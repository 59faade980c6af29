//! Trees in memory.

ghost use Rattle.std.specs.Prelude.{◌≡◌, ℕ, suc, List, [], ◌∷◌, ◌++◌, All, Contains, IsSome, ◌↔◌, Some, IfOk, IfErr, OnOk, OnErr, ◌⊎◌, slice_index, ◌<◌, ◌≤◌, ◌^◌, ◌+◌, ◌-◌, length, slice_get, map, max};
ghost use Rattle.std.specs.Vec.{vec_capacity};
ghost use Rattle.qm_model.specs.Trees as trees;
ghost use Rattle.qm_merkle.specs.Mems.{IsWhole, Stands, Holds, AreBorn, node_at, pin_at, more};
ghost use Rattle.qm_merkle.specs.Batches.{all_layers, stops, IsHistory};
ghost use Rattle.qm_model.specs.Families.{Births, IsHeld, over};

use crate::batch::{MerkleizedBatch, UnmerkleizedBatch};
use crate::family::{Family, Node, halves, place};
use crate::hasher::StandardHasher;
use crate::position::Position;
use qm_base::{Digest, Hasher, Location, MerkleError};
use std::alloc::{AllocError, Global};
use std::marker::Model;

/// A tree over leaves' digests that may have forgotten its first leaves.
#[derive(Drop)]
pub struct Mem<F: Family, D> {
    start: Location<F>,
    leaves: Location<F>,
    positions: Vec<Position<F>>,
    pins: Vec<D>,
    nodes: Vec<D>,
}

impl<F: Family, D> Model for Mem<F, D> {
    ghost use Rattle.std.specs.Prelude.{◌≡◌};
    ghost use Rattle.qm_model.specs.Trees.{peak_positions};
    ghost use Rattle.qm_merkle.specs.Mems.{Kept, IsWhole};

    ghost Value = { Kept D };

    ghost view = { λ m. record { start = m.start; leaves = m.leaves; pins = m.pins.items; nodes = m.nodes.items } };

    ghost invariant = { λ m. (m.positions.items ≡ peak_positions F.shape m.start) × IsWhole F.shape (record { start = m.start; leaves = m.leaves; pins = m.pins.items; nodes = m.nodes.items }) };
}
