//! A section beside edits.
ghost use Rattle.std.specs.Prelude.{◌≡◌};

use rcu_sections::grace_periods::Reading;
use rcu_sections::sections::{enter, leave, place, row};
use ref_state::kinds::{BARE, Tag};
use std::alloc::{AllocError, Global};
use std::marker::Brand;
use std::sync::ledger::{Blank, Ledger};
use table_rule::ticks::Steps;
use twin_tables::edits::edit;
use twin_tables::ground::{Queues, five};

/// The place and serial of an edit, or who still reads.
type Edited = Result<(u32, u32), Reading>;

// Seat 1 enters a section and places a call, the editor publishes one edit and asks for another;
// then the section is left, and the editor asks again: the place and serial of the call, its two
// words, and the three answers.
fn edit_beside_a_section<L: Ledger>(
    alloc: Global,
    blank: Blank,
) -> Result<((u32, u32), (u64, u64), [Edited; 3]), AllocError>
    requires name { (blank.name ≡ L.name) × (blank.parts ≡ L.parts) × (L.parts ≡ 5) }
{
    let (table, mut editor, queues) = five(alloc, 8, 4)?;
    let Queues {
        mut one,
        two: _,
        three: _,
        four: _,
    } = queues;
    let mut steps = Steps::<L>::start(blank);
    let call = Tag {
        kind: BARE,
        caller: 1,
        number: 0,
    };
    let mut section = enter(&table, &mut one, &mut steps);
    let drew = place(&table, &mut section, call, &mut steps);
    let first = edit(&table, &mut editor, 5, &mut steps);
    let second = edit(&table, &mut editor, 6, &mut steps);
    let word = row(&table, &mut section, 0, &mut steps);
    let other = row(&table, &mut section, 1, &mut steps);
    leave(&table, section, &mut steps);
    let third = edit(&table, &mut editor, 6, &mut steps);
    Ok((drew, (word, other), [first, second, third]))
}

#[test]
fn a_section_reads_what_stood_before_an_edit(rt: HostRuntime) -> Result<(), AllocError> {
    let (drew, words, edits) = edit_beside_a_section::<Brand>(rt.alloc(), Blank::new(5))?;
    assert!(rt; drew == (0, 0));
    assert!(rt; words == (1, 1));
    assert!(rt; edits[0] == Ok((1, 1)));
    assert!(rt; edits[1] == Err(Reading { seat: 1, count: 1 }));
    assert!(rt; edits[2] == Ok((2, 2)));
    Ok(())
}
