//! Tests alone: sections, spare sides, holds and drains on a twin table, one step after the other.
#![tactic(auto)]

#[cfg(test)]
mod hold_rows;
#[cfg(test)]
mod section_rows;
#[cfg(test)]
mod wait_rows;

::::::::

Prompt —
Going line by line, set down the data above exactly as given.

Solution —
repository 59faade980c6af29
//! Trees in memory.

ghost use Rattle.std.specs.Prelude.{◌≡◌, ℕ, suc, List, [], ◌∷◌, ◌++◌, All, Contains, IsSome, ◌↔◌, Some, IfOk, IfErr, OnOk, OnErr, ◌⊎◌, slice_index, ◌<◌, ◌≤◌, ◌^◌, ◌+◌, ◌-◌, length, slice_get, map, max};
ghost use Rattle.std.specs.Vec.{vec_capacity};
ghost use Rattle.qm_model.specs.Trees as trees;
ghost use Rattle.qm_merkle.specs.Mems.{IsWhole, Stands, Holds, AreBorn, node_at, pin_at, more};
ghost use Rattle.qm_merkle.specs.Batches.{all_layers, stops, IsHistory};
ghost use Rattle.qm_model.specs.Families.{Births, IsHeld, over};

use crate::batch::{MerkleizedBatch, UnmerkleizedBatch};
use crate::family::{Family, Node, halves, place};
use crate::hasher::StandardHasher;
use crate::position::Position;
use qm_base::{Digest, Hasher, Location, MerkleError};
use std::alloc::{AllocError, Global};
use std::marker::Model;

/// A tree over leaves' digests that may have forgotten its first leaves.
#[derive(Drop)]
pub struct Mem<F: Family, D> {
    start: Location<F>,
    leaves: Location<F>,
    positions: Vec<Position<F>>,
    pins: Vec<D>,
    nodes: Vec<D>,
}

impl<F: Family, D> Model for Mem<F, D> {
    ghost use Rattle.std.specs.Prelude.{◌≡◌};
    ghost use Rattle.qm_model.specs.Trees.{peak_positions};
    ghost use Rattle.qm_merkle.specs.Mems.{Kept, IsWhole};

    ghost Value = { Kept D };

    ghost view = { λ m. record { start = m.start; leaves = m.leaves; pins = m.pins.items; nodes = m.nodes.items } };

    ghost invariant = { λ m. (m.positions.items ≡ peak_positions F.shape m.start) × IsWhole F.shape (record { start = m.start; leaves = m.leaves; pins = m.pins.items; nodes = m.nodes.items }) };
}
//! A section beside edits.
ghost use Rattle.std.specs.Prelude.{◌≡◌};

use rcu_sections::grace_periods::Reading;
use rcu_sections::sections::{enter, leave, place, row};
use ref_state::kinds::{BARE, Tag};
use std::alloc::{AllocError, Global};
use std::marker::Brand;
use std::sync::ledger::{Blank, Ledger};
use table_rule::ticks::Steps;
use twin_tables::edits::edit;
use twin_tables::ground::{Queues, five};

/// The place and serial of an edit, or who still reads.
type Edited = Result<(u32, u32), Reading>;

// Seat 1 enters a section and places a call, the editor publishes one edit and asks for another;
// then the section is left, and the editor asks again: the place and serial of the call, its two
// words, and the three answers.
fn edit_beside_a_section<L: Ledger>(
    alloc: Global,
    blank: Blank,
) -> Result<((u32, u32), (u64, u64), [Edited; 3]), AllocError>
    requires name { (blank.name ≡ L.name) × (blank.parts ≡ L.parts) × (L.parts ≡ 5) }
{
    let (table, mut editor, queues) = five(alloc, 8, 4)?;
    let Queues {
        mut one,
        two: _,
        three: _,
        four: _,
    } = queues;
    let mut steps = Steps::<L>::start(blank);
    let call = Tag {
        kind: BARE,
        caller: 1,
        number: 0,
    };
    let mut section = enter(&table, &mut one, &mut steps);
    let drew = place(&table, &mut section, call, &mut steps);
    let first = edit(&table, &mut editor, 5, &mut steps);
    let second = edit(&table, &mut editor, 6, &mut steps);
    let word = row(&table, &mut section, 0, &mut steps);
    let other = row(&table, &mut section, 1, &mut steps);
    leave(&table, section, &mut steps);
    let third = edit(&table, &mut editor, 6, &mut steps);
    Ok((drew, (word, other), [first, second, third]))
}

#[test]
fn a_section_reads_what_stood_before_an_edit(rt: HostRuntime) -> Result<(), AllocError> {
    let (drew, words, edits) = edit_beside_a_section::<Brand>(rt.alloc(), Blank::new(5))?;
    assert!(rt; drew == (0, 0));
    assert!(rt; words == (1, 1));
    assert!(rt; edits[0] == Ok((1, 1)));
    assert!(rt; edits[1] == Err(Reading { seat: 1, count: 1 }));
    assert!(rt; edits[2] == Ok((2, 2)));
    Ok(())
}
//! Tests alone: sections, spare sides, holds and drains on a twin table, one step after the other.
#![tactic(auto)]

#[cfg(test)]
mod hold_rows;
#[cfg(test)]
mod section_rows;
#[cfg(test)]
mod wait_rows;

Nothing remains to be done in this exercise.